Through quarterly tracking of key user metrics, we identified notable patterns in usage behavior. We observed significant usage spikes during academic periods—March to June and September to December—among users in their 20s. This observation prompted a deeper investigation into whether this younger demographic displayed distinct conversation patterns.

Usage peaked during academic seasons (March-June and September-December)
Their most frequent interactions focused on writing, learning, programming, and personal conversations
Popular conversation themes were: #examprep #jobsearch #assignments #relationships

Compared to other age groups, users in their 20s primarily engaged with CLOVA X for tasks like crafting resumes, refining reports, preparing for exams through analysis of past questions and problem-solving, and practicing coding for job opportunities and certifications. What distinguishes this young demographic is their tendency to seek personal conversations and confide in the AI.

For these users, CLOVA X plays two essential roles: a running mate supporting their academic and career growth, and a trusted confidant helping them navigate personal relationships. This dual function allows CLOVA X to help users tackle both everyday challenges and significant life decisions while providing encouragement and support.

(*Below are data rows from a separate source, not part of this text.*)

//! Emitters from outside, step by step: outputs that are taken, deep collections, growths that are refused.
ghost use Rattle.std.specs.Prelude.{◌≡◌, false};

mod borrowed;
pub(super) mod depth;
mod early;
mod memory;
pub(super) mod steps;
mod taking;

use crate::tests::equal;
use std::alloc::{Allocator, Global};
use std::process::Abort;
use yaml_base::{
    YAML_ANY_BREAK, YAML_ANY_ENCODING, YAML_STREAM_END_EVENT, yaml_error_t, yaml_event_t,
};
use yaml_emitter::{
    Quotes, Settings, yaml_emitter_emit, yaml_emitter_flush, yaml_emitter_initialize,
    yaml_emitter_set_break, yaml_emitter_set_canonical, yaml_emitter_set_encoding,
    yaml_emitter_set_indent, yaml_emitter_set_indented_sequences, yaml_emitter_set_line_breaks_1_2,
    yaml_emitter_set_literal_blanks, yaml_emitter_set_output_string, yaml_emitter_set_portable,
    yaml_emitter_set_quotes, yaml_emitter_set_unicode, yaml_emitter_set_width, yaml_emitter_t,
};
use yaml_test_allocator::Refusing;

pub(super) type Answer = Result<(), yaml_error_t>;

/// An output with room, and the width that counts if none is set.
pub(super) const UNSET: Settings = Settings {
    encoding: YAML_ANY_ENCODING,
    canonical: false,
    unicode: false,
    quotes: Quotes::Single,
    indent: None,
    width: Some(80),
    line_break: YAML_ANY_BREAK,
    line_breaks_1_2: false,
    portable: false,
    indented_sequences: false,
    literal_blanks: false,
    limit: usize::MAX,
};

// Settings that are on or off.
fn set_flags<A: Allocator>(emitter: &mut yaml_emitter_t<A>, settings: &Settings)
    requires { emitter.old.started ≡ false }
    ensures { emitter.new.started ≡ false }
{
    yaml_emitter_set_canonical(emitter, settings.canonical);
    yaml_emitter_set_unicode(emitter, settings.unicode);
    yaml_emitter_set_line_breaks_1_2(emitter, settings.line_breaks_1_2);
    yaml_emitter_set_portable(emitter, settings.portable);
    yaml_emitter_set_indented_sequences(emitter, settings.indented_sequences);
    yaml_emitter_set_literal_blanks(emitter, settings.literal_blanks);
}

// How lines begin and end, and the quotes.
fn set_lines<A: Allocator>(emitter: &mut yaml_emitter_t<A>, settings: &Settings)
    requires { emitter.old.started ≡ false }
{
    yaml_emitter_set_quotes(emitter, settings.quotes);
    yaml_emitter_set_break(emitter, settings.line_break);
    match (settings.indent, settings.width) {
        (None, None) => {}
        (Some(indent), None) => yaml_emitter_set_indent(emitter, indent),
        (None, Some(width)) => yaml_emitter_set_width(emitter, width),
        (Some(indent), Some(width)) => {
            yaml_emitter_set_indent(emitter, indent);
            yaml_emitter_set_width(emitter, width);
        }
    }
}

/// Makes an emitter before its stream, each setting made by a call of its own.
pub(super) fn new_emitter<A: Allocator + Copy>(
    alloc: A,
    settings: &Settings,
) -> Result<yaml_emitter_t<A>, yaml_error_t> {
    let mut emitter = yaml_emitter_initialize(alloc)?;
    yaml_emitter_set_output_string(&mut emitter, settings.limit);
    yaml_emitter_set_encoding(&mut emitter, settings.encoding);
    set_flags(&mut emitter, settings);
    set_lines(&mut emitter, settings);
    Ok(emitter)
}

/// Makes an emitter before its stream, for which there is memory.
pub(super) fn made<A: Allocator + Copy>(
    rt: &impl Abort,
    alloc: A,
    settings: &Settings,
) -> yaml_emitter_t<A> {
    new_emitter(alloc, settings).expect(rt, "no memory")
}

/// Emits an event: an output is set.
pub(super) fn give<A: Allocator + Copy>(
    rt: &impl Abort,
    emitter: &mut yaml_emitter_t<A>,
    next: yaml_event_t<A>,
) -> Answer {
    assert!(rt; emitter.has_output());
    yaml_emitter_emit(emitter, next)
}

/// Flushes, if the encoding is known.
pub(super) fn flush_if_known<A: Allocator + Copy>(
    rt: &impl Abort,
    emitter: &mut yaml_emitter_t<A>,
) -> Answer {
    assert!(rt; emitter.has_output());
    if emitter.encoding_known() {
        return yaml_emitter_flush(emitter);
    }
    Ok(())
}

// A call answers the error, which is kept; nothing waits, and no more than so many bytes were flushed.
fn check_stopped<A: Allocator>(
    rt: &impl Abort,
    emitter: &yaml_emitter_t<A>,
    answer: Answer,
    (error, length): (yaml_error_t, usize),
) {
    let got = (
        answer,
        emitter.error(),
        emitter.held(),
        emitter.output().len(),
    );
    equal(rt, &got, &(Err(error), Some(error), 0, length));
}

/// Checks that after an error each call answers it, an event and a flush; nothing waits, and nothing more is flushed.
pub(super) fn check_failed<A: Allocator + Copy>(
    rt: &impl Abort,
    emitter: &mut yaml_emitter_t<A>,
    error: yaml_error_t,
) {
    let length = emitter.output().len();
    check_stopped(rt, emitter, Err(error), (error, length));
    let answer = give(rt, emitter, YAML_STREAM_END_EVENT);
    check_stopped(rt, emitter, answer, (error, length));
    if emitter.encoding_known() {
        let answer = flush_if_known(rt, emitter);
        check_stopped(rt, emitter, answer, (error, length));
    }
}

/// Checks that a call answers so; the call in which a growth was refused, and each after it, that there is no memory.
pub(super) fn check_answer(
    rt: &impl Abort,
    heap: &Refusing<Global>,
    answer: Answer,
    wanted: Answer,
) {
    let wanted = match heap.left() {
        0 => Err(yaml_error_t::Memory),
        _ => wanted,
    };
    equal(rt, &answer, &wanted);
}

/// Checks, after an allocation failed, that the flushed bytes are a prefix of the whole, and that each call returns the error.
pub(super) fn check_out_of_memory<A: Allocator + Copy>(
    rt: &impl Abort,
    emitter: &mut yaml_emitter_t<A>,
    whole: &[u8],
) {
    let begins = whole.starts_with(emitter.output());
    equal(rt, &begins, &true);
    check_failed(rt, emitter, yaml_error_t::Memory);
}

The questions users ask and the ongoing conversations reveal current societal needs and expectations around generative AI. Understanding these patterns and intentions is crucial for developing AI systems that genuinely enhance daily life. To gain these insights, CLOVA X leverages its proprietary CAST (CLOVA X log analysis and semantic tracking) clustering system, which analyzes conversation patterns and classifies user interactions by topic. In this post, we’ll explore how CAST works and share fascinating patterns we’ve discovered about user behavior.

Classifying infinite conversations into finite categories

A key challenge in developing CAST was categorizing vast amounts of conversational data into manageable topics and intents. This systematic classification became increasingly crucial as conversation trends evolved and our service expanded.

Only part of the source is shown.